Massachusetts leaders said the agreement reflects lessons learned from years of offshore wind development efforts, including Vineyard Wind I, which began producing power in January 2025 and is nearing completion at 572 megawatts. 

Energy and Environmental Affairs Secretary Rebecca Tepper pointed to the extensive planning associated with large-scale energy projects. 

“I say this a lot, but if you’re going to start an energy infrastructure project, the best time to do that is today. They take a while and they take a lot of planning and they take a lot of coordination,” Tepper said. 

The MOU outlines cooperation on interregional transmission and grid integration, including exploring offshore transmission concepts and bi-directional options, as well as coordination on ports, vessels, and workforce pipelines. It also contemplates possible non-binding requests for information to assess technical feasibility, costs and regulatory pathways for delivering offshore wind energy from Nova Scotia to New England.

Reporters pressed leaders on how the effort might differ from the decade-long, politically fraught New England Clean Energy Connect transmission project that has begun carrying Hydro-Québec power through Maine. 

Healey responded by situating the agreement within broader energy demand pressures. 

“We just need a lot more energy,” she said, citing growth in electricity-intensive industries and winter affordability concerns. She said the MOU is part of her “all of the above approach” to meeting energy needs.

Healey on Friday applauded the Department of Public Utilities’ approval of an Eversource gas supply contract tied to an expansion on an existing Algonquin natural gas pipeline segment. 

“We need an all-of-the-above approach to meet our energy needs — solar, gas, wind, hydro, storage, and nuclear,” Healey said.

Asked about offshore wind’s performance during the recent cold snap, Tepper said Vineyard Wind “performed very well this winter,” adding that if additional power projects hadn’t been paused or delayed it would have meant “much lower prices” and “better reliability.”

The questions came amid scrutiny of renewable performance during extreme weather. 

A Jan. 26 press release from Nova Scotia Power described record demand during a deep freeze, when onshore wind output dropped sharply during peak evening hours, forcing reliance on other resources, neighboring utilities and grid-scale batteries to avoid load shedding. 
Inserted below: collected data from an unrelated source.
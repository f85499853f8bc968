//! What the program says to people on standard error, by how the run ended. Nothing else depends on it: where it can't be
//! written, status and output are the same.
use rip_cli::Status;
use rip_real::{Unread, say_failure, say_unread};
use std::alloc::Global;
use std::io;

/// The program's name in what it says.
const PROGRAM: &str = "ripley";

/// The forms of its arguments.
const FORMS: &str =
    "check PAGE APP | replay PAGE APP TRACE [--turns=N] | serve PAGE APP ADDRESS [--turns=N] | drive PAGE APP GESTURES | generate N";

/// What is known of how a run ended: why files, output, random words and door failed, where they did.
#[derive(Drop)]
pub struct Ending<'a> {
    pub file: Option<&'a Unread>,
    pub output: Option<io::Error>,
    pub random: Option<io::Error>,
    pub door: Option<io::Error>,
}

/// Says how the run ended that the arguments ask for, unless all was done. What is wrong with input that is refused is said
/// by `diagnostics`.
pub fn say_end<R: Eprint>(
    rt: &R,
    alloc: Global,
    words: &[String],
    status: Status,
    ending: &Ending<'_>,
) {
    let _said = match status {
        Status::Read | Status::BadInput => Ok(()),
        Status::BadWords => eprintln!(rt; "{PROGRAM}: no such arguments; they are {FORMS}"),
        Status::TurnsSpent => {
            eprintln!(rt;
                "{PROGRAM}: the turns are spent, and not all is done: give more by --turns=N"
            )
        }
        Status::Outside => {
            say_outside(rt, alloc, words, ending);
            Ok(())
        }
        Status::NoMemory => say_no_memory(rt),
    };
}

/// Says that memory ran out.
pub fn say_no_memory<R: Eprint>(rt: &R) -> io::Result<()> {
    eprintln!(rt; "{PROGRAM}: out of memory: give it more, or lower the limits of the manifest")
}

/// The argument at a place, counted from the command on.
fn argument(words: &[String], place: usize) -> &str {
    match words.get(place) {
        Some(word) => word.as_str(),
        None => "",
    }
}

/// Says what of the outside failed: of several the first that was needed.
fn say_outside<R: Eprint>(rt: &R, alloc: Global, words: &[String], ending: &Ending<'_>) {
    if let Some(unread) = ending.file {
        say_unread(rt, alloc, PROGRAM, unread);
    } else if let Some(error) = ending.output {
        say_failure(rt, alloc, PROGRAM, "standard output", error);
    } else if let Some(error) = ending.random {
        say_failure(rt, alloc, PROGRAM, "random numbers of the system", error);
    } else if let Some(error) = ending.door {
        say_failure(rt, alloc, PROGRAM, argument(words, 3), error);
    }
}
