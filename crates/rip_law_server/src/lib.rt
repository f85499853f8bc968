//! Theorems of the server model that no code needs.
//!
//! | module | what |
//! |---|---|
//! | [`requests`] | the requests that the lines of a trace mean |
//! | [`pace`] | a client that keeps pace is served, and answered where it asked |
//! | [`openings`] | an opening is answered with its page |
//! | [`answered`] | on each connection what is sent are the answers to its requests, in order |
//! | [`ending`] | runs come to their end |
//! | [`going`] | a run that breaks off is the beginning of a longer one |
#![tactic(auto)]

pub mod answered;
pub mod ending;
pub mod going;
pub mod openings;
pub mod pace;
pub mod requests;
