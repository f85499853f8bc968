//! A run that breaks off is the beginning of a longer one.
//!
//! | law | its definition in `specs/` |
//! |---|---|
//! | [`broken_runs_go_on`] | `Going.BrokenRunsGoOn`: what was done in a run that breaks off is a front of what is done in one whose last turn is whole, and what it put one of the history of a legal course |
//! | [`served_begins_legal`] | `Begun.ServedBeginsLegal`: what serving put is the text of a legal course and its status, or, where it breaks off, a front of such a text |
//!
//! Both ask of what sessions do, beside its law, that its parts rise (`Rising.PartsRise`): from item to item a batch costs no
//! less, and more where a call is served. In the rest of the turn a session that comes to a call wants memory there, so nothing
//! need be known of what the call would be given; and what is still to be handled wants memory, too, or is a head that is refused,
//! and its answer finds the connection gone. Whether bytes are a head can be decided (`Deciding`). A layer above may rest on this.

ghost use Rattle.rip_law_server.specs.Begun.{ServedBeginsLegal};
ghost use Rattle.rip_law_server.specs.Going.{BrokenRunsGoOn};

/// A law, and no work: what was done in a run that breaks off is a front of what is done in one whose last turn is whole, and what it
/// put one of the history of a legal course, where the parts of what sessions do rise.
pub fn broken_runs_go_on()
    ensures { BrokenRunsGoOn }
{}

/// A law, and no work: what serving put is the text of a legal course and its status; or a front of such a text, where it breaks
/// off and the parts of what sessions do rise.
pub fn served_begins_legal()
    ensures { ServedBeginsLegal }
{}
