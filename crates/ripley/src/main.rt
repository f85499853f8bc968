//! The program `ripley`: the words of the command line, real files, standard output, and, where the words ask to serve, a
//! TCP door, handed to the top call. What people are told of it goes to standard error.
#![tactic(auto)]

mod diagnostics;
mod messages;

use messages::{Ending, say_end, say_no_memory};
use rip_cli::{Status, ripley};
use rip_diagnostics::Noting;
use rip_real::{HostFiles, HostSink, RealOutside, real_outside};
use rip_words::{Command, command_of};
use std::alloc::Global;
use std::cell::Cell;
use std::process::ExitCode;
use std::rt::Env;
use std::{env, io};

/// The words behind the program's name.
fn words(rt: &(impl Env + AllocGlobal), alloc: Global) -> io::Result<Vec<String>> {
    let mut words = Vec::new(alloc);
    for word in env::args(rt)?.skip(1) {
        words.push(word)?;
    }
    Ok(words)
}

/// The address at which the words ask to serve.
fn address(words: &[String]) -> Option<&str> {
    match command_of(words)? {
        Command::Serve { address, .. } => Some(address),
        _ => None,
    }
}

/// Words that are no text are answered as other words are; want of memory for them ends the run.
fn main(rt: HostRuntime) -> ExitCode {
    let alloc = rt.alloc();
    let words = match words(&rt, alloc) {
        Ok(words) => words,
        Err(error) if error.kind() == io::ErrorKind::OutOfMemory => {
            let _said = say_no_memory(&rt);
            return ExitCode::from(Status::NoMemory as u8);
        }
        Err(_) => Vec::new(alloc),
    };
    let random_failure = Cell::new(None);
    let mut files = HostFiles::new(&rt);
    let mut noting = Noting::new(alloc, io::writer(&rt));
    let mut sink = HostSink::new(&mut noting);
    let RealOutside {
        mut door,
        mut clock,
        words: mut random,
    } = real_outside(
        &rt,
        alloc,
        address(words.as_slice()),
        &random_failure,
        rt.stderr(),
    );
    let status = ripley(
        alloc,
        words.as_slice(),
        &mut files,
        &mut door,
        &mut clock,
        &mut random,
        &mut sink,
    );
    let ending = Ending {
        file: files.failure(),
        output: sink.failure(),
        random: random_failure.get(),
        door: door.failure(),
    };
    say_end(&rt, alloc, words.as_slice(), status, &ending);
    diagnostics::print(&rt, words.as_slice(), &mut files, status, noting.line());
    ExitCode::from(status as u8)
}
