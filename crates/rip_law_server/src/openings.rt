//! How the opening of a session is answered.
//!
//! | law | its definition in `specs/` |
//! |---|---|
//! | [`openings_are_answered`] | `Opened.OpeningsAreAnswered`: the answer that is due for batch 0, which is the opening, is the page with code 200 where its session lives, and code 500 with how it ended where it has ended (`Opened.welcome`); `Opened.OpenersAreAnswered`: in each run of the machine it is sent in the turn in which the opening is done, where the opening was asked for |
//!
//! A layer above may rest on this: the answer is told by the page, what the session was opened with (its identifier, its seed
//! and its time), how its opening was done, and whether the connection is shut behind it, and by nothing else of the history.

ghost use Rattle.rip_law_server.specs.Opened.{OpenersAreAnswered, OpeningsAreAnswered};

/// A law, and no work: an opening that is done is answered in that turn on the connection on which it was asked for, if that
/// is still there, and on no other; the answer is the page with code 200 where the session lives, and else has code 500 and
/// tells how the session ended.
pub fn openings_are_answered()
    ensures there { OpenersAreAnswered }
    ensures answer { OpeningsAreAnswered }
{}
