use rip_cli::Status;
use rip_diagnostics::{Wishes, explain};
use rip_outer::Files;
use std::env;
use std::io::{IsTerminal, Write};

/// Whether a variable of the environment is set and not empty.
fn is_set(rt: &HostRuntime, name: &str) -> bool {
    match env::var(rt, name) {
        Ok(value) => !value.is_empty(),
        Err(_) => false,
    }
}

/// What a person wants to be told: colours where standard error is a terminal and `NO_COLOR` is not set, and all refusals
/// where `RIPLEY_ALL` is set.
fn wishes(rt: &HostRuntime) -> Wishes {
    Wishes {
        is_coloured: rt.stderr().is_terminal() && !is_set(rt, "NO_COLOR"),
        shows_all: is_set(rt, "RIPLEY_ALL"),
    }
}

/// Says on standard error what there is to say of a run that ended so. That it cannot be said changes nothing.
pub fn print<F: Files>(
    rt: &HostRuntime,
    words: &[String],
    files: &mut F,
    status: Status,
    noted: &[u8],
) {
    let is_refused = match status {
        Status::Read | Status::TurnsSpent => false,
        Status::BadInput => true,
        Status::BadWords | Status::Outside | Status::NoMemory => return,
    };
    if let Ok(text) = explain(rt.alloc(), words, files, is_refused, noted, wishes(rt)) {
        let _written = rt.stderr().write_all(text.as_slice());
    }
}
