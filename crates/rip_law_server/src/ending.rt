//! Runs of the machine that a server follows come to their end.
//!
//! | law | its definition in `specs/` |
//! |---|---|
//! | [`runs_come_to_their_end`] | `Ending.RunsComeToEnd`: a run that is not over has made fewer turns than are enough for its knocks and its requests |
//! | [`requests_are_asked`] | `Asked.RequestsAreAsked`: no more requests are handled in a run than its knocks ask, nor than bytes come in them |
//!
//! Enough are (`Ending.turns_enough`) one turn for each knock, one in which the door is found closed, and for each request that
//! was handled, refused heads included, those in which a batch gets its units. This holds where each batch of a session
//! comes to its end within so many units (`Ending.BatchesCost`), whatever the session is given.
//!
//! A layer above may rest on this: what stands in the way of the end is counted by its input alone. Not said: that a turn
//! takes so much time, or that a door closes.

ghost use Rattle.rip_law_server.specs.Asked.{RequestsAreAsked};
ghost use Rattle.rip_law_server.specs.Ending.{RunsComeToEnd};

/// A law, and no work: a run of which none of the turns is the last has made fewer than are enough for the knocks that came and
/// the requests that were handled.
pub fn runs_come_to_their_end()
    ensures { RunsComeToEnd }
{}

/// A law, and no work: in a run no more requests are handled, refused heads included, than the bytes ask that its knocks bring
/// to the connections that they open, nor than these bytes are.
pub fn requests_are_asked()
    ensures { RequestsAreAsked }
{}
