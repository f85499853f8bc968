//! The requests that a trace means.
//!
//! A line `say ..` of a trace stands for bytes (`rip_trace`), and a server finds requests in bytes (`rip_http`). That the
//! one request that is found is the one that is meant is a law of the two definitions ([`requests_are_meant`]).
//!
//! | what | its definition in `specs/` |
//! |---|---|
//! | the message that a line means | `Meant.meant` |
//! | [`requests_are_meant`] | `Meant.RequestsAreMeant` |

mod law;

pub use law::requests_are_meant;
The majority of the province’s energy is supplied by Nova Scotia Power, and wind can account for up to about 600 megawatts when conditions are favorable. During the cold snap, typical winter demand of around 1,700 megawatts spiked to a record 2,481 megawatts on Sunday evening, at the same time wind output declined, falling from 350 megawatts earlier in the day to 75 megawatts during peak demand, according to the release.
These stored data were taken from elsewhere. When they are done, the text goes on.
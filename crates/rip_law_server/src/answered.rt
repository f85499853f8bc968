//! The answers of a connection, and the order in which requests are handled.
//!
//! | law | its definition in `specs/` |
//! |---|---|
//! | [`requests_are_answered`] | `Conversation.RequestsAreAnswered`: in each run of the machine the bytes that are sent on a connection are the answers to what was received on it, one each, in order: to refused heads, to what is decided at once, and to batches that are done. At most the last is left without its answer: it is still owed, or the connection is there no more |
//! | [`requests_are_by_connection`] | `Ordered.TurnsAreByConnection`: in each turn of a run the requests are handled by connection |
//!
//! What is received are the messages that the bytes of the connection spell (`Conversation.IsConversation`: `spelled`), and perhaps
//! a head that is refused. On each connection they are handled by their place in its bytes (`rip_history`, `Run.IsFirst`). A layer
//! above may rest on this.

ghost use Rattle.rip_law_server.specs.Conversation.{RequestsAreAnswered};
ghost use Rattle.rip_law_server.specs.Ordered.{TurnsAreByConnection};

/// A law, and no work: on each connection of a run what is sent are the answers to its requests and to its refused head, one each,
/// in their order, but perhaps to the last.
pub fn requests_are_answered()
    ensures { RequestsAreAnswered }
{}

/// A law, and no work: in each turn of a run the numbers of the connections whose requests are handled never fall.
pub fn requests_are_by_connection()
    ensures { TurnsAreByConnection }
{}
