//! When a line may be told.

use std::sync::Wait;

/// What knows when a line may be told.
pub trait Clearance {
    /// Waits until all that was to be said up to now may be told. The answer is whether it may: `false` where it never will be.
    fn may_tell<R: Wait>(&self, rt: &R) -> bool;
}

/// Every line may be told at once.
#[derive(Clone, Copy, Debug)]
pub struct AtOnce;

impl Clearance for AtOnce {
    fn may_tell<R: Wait>(&self, _rt: &R) -> bool {
        true
    }
}
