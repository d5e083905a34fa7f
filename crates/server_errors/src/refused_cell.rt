//! A cell in which an order was refused.

use common::Cell;

/// A cell in which an order was refused, with the cause and its name (3GPP TS 48.049, 8.2.13).
#[derive(Clone, Copy, Debug)]
pub struct RefusedCell {
    pub cell: Cell,
    pub cause: u8,
    pub name: &'static str,
}
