//! The lines that were said last.

ghost use Rattle.std.specs.Prelude.{◌≡◌, ◌⊎◌, ◌-◌, ◌++◌, ◌∷◌, [], IfOk, OnOk, drop, length};
ghost use Rattle.std.specs.List.{flat_map};
ghost use Rattle.server_errors.specs.Queues.{one_more};
ghost use Rattle.server_errors.specs.SaidLines.{before_held, lines_staying, said_after, said_line, unheld_text};

use crate::said::Said;
use std::alloc::{AllocError, Global};

/// The most lines that are held.
const MOST_HELD: usize = 1_000;

/// The lines that were said last.
#[derive(Drop)]
pub(crate) struct Recent {
    lines: Vec<String>,
    /// How many were said.
    count: u64,
}

/// Puts the lines behind the text.
fn push_said(text: &mut Vec<u8>, lines: &[String]) -> Result<(), AllocError>
    ensures { OnOk result (text.new.items ≡ text.old.items ++ flat_map said_line lines.now) }
{
    for line in lines {
        text.extend_from_slice(b"said ")?;
        text.extend_from_slice(line.as_bytes())?;
    }
    Ok(())
}

/// Puts behind the text how many lines are held no more, where there are any.
fn push_unheld(alloc: Global, text: &mut Vec<u8>, count: u64) -> Result<(), AllocError>
    ensures { OnOk result (text.new.items ≡ text.old.items ++ unheld_text count) }
{
    if count == 0 {
        return Ok(());
    }
    let line = format!(in alloc; "said {count} lines more\n")?;
    text.extend_from_slice(line.as_bytes())
}

/// The items behind the first ones.
fn behind<T>(items: &[T], count: u64) -> &[T]
    ensures { result.now ≡ drop count items.now }
{
    match usize::try_from(count) {
        Ok(count) if count <= items.len() => &items[count..],
        _ => &[],
    }
}

impl Recent {
    pub(crate) fn new(alloc: Global) -> Recent
        ensures lines { result.lines.items ≡ [] }
        ensures count { result.count ≡ 0 }
    {
        Recent {
            lines: Vec::new(alloc),
            count: 0,
        }
    }

    /// Lets the first line go, where one more would be too many.
    fn make_room(&mut self)
        ensures lines { self.new.lines.items ≡ lines_staying self.old.lines.items }
        ensures count { self.new.count ≡ self.old.count }
    {
        if self.lines.len() >= MOST_HELD {
            drop(self.lines.remove(0));
        }
    }

    /// One more was said. Where there is no memory for it, it isn't held, and doesn't count.
    pub(crate) fn push(&mut self, line: String)
        ensures { ((self.new.lines.items ≡ lines_staying self.old.lines.items ++ line ∷ []) × (self.new.count ≡ one_more self.old.count))
            ⊎ ((self.new.lines.items ≡ lines_staying self.old.lines.items) × (self.new.count ≡ self.old.count)) }
    {
        self.make_room();
        if self.lines.push(line).is_ok() {
            self.count = self.count.saturating_add(1);
        }
    }

    /// How many were said.
    pub(crate) fn count(&self) -> u64
        ensures { result ≡ self.now.count }
    {
        self.count
    }

    /// The number of the last line that is held no more.
    fn before_held(&self) -> u64
        ensures { result ≡ before_held self.now }
    {
        self.count.saturating_sub(self.lines.len() as u64)
    }

    /// What is shown of the lines behind that number.
    pub(crate) fn after(&self, alloc: Global, place: u64) -> Result<Said, AllocError>
        ensures text { IfOk result (λ said. said.text.items ≡ said_after self.now place) }
        ensures place { IfOk result (λ said. said.place ≡ self.now.count) }
    {
        let before = self.before_held();
        let mut text = Vec::new(alloc);
        push_unheld(alloc, &mut text, before.saturating_sub(place))?;
        push_said(
            &mut text,
            behind(self.lines.as_slice(), place.saturating_sub(before)),
        )?;
        Ok(Said {
            place: self.count,
            text,
        })
    }
}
On next steps, Healey said the charge is to “get the teams together and figure out what we need to do,” while Tepper said work groups would tackle each MOU topic and report back. 

Houston said Nova Scotia’s next phase involves working with its federal government on market assessments and transmission feasibility. 

“We’re at the end of the line,” he said. “We’re going to generate a lot of energy … and we need to get it somewhere.”

Tepper also connected the agreement to other regional transmission efforts, including coordination with ISO New England on a competitive transmission procurement and efforts to unlock onshore wind in Maine. 

The conservative Fiscal Alliance Foundation, which has promoted energy from nuclear and natural gas, warned that offshore wind imports could prove “expensive” and “unreliable,” citing cold-weather constraints and recent hydropower interruptions. “In theory, importing power from Canada sounds appealing. In reality, Canada needs electricity at the same time we do,” Executive Director Paul Diego Craney said.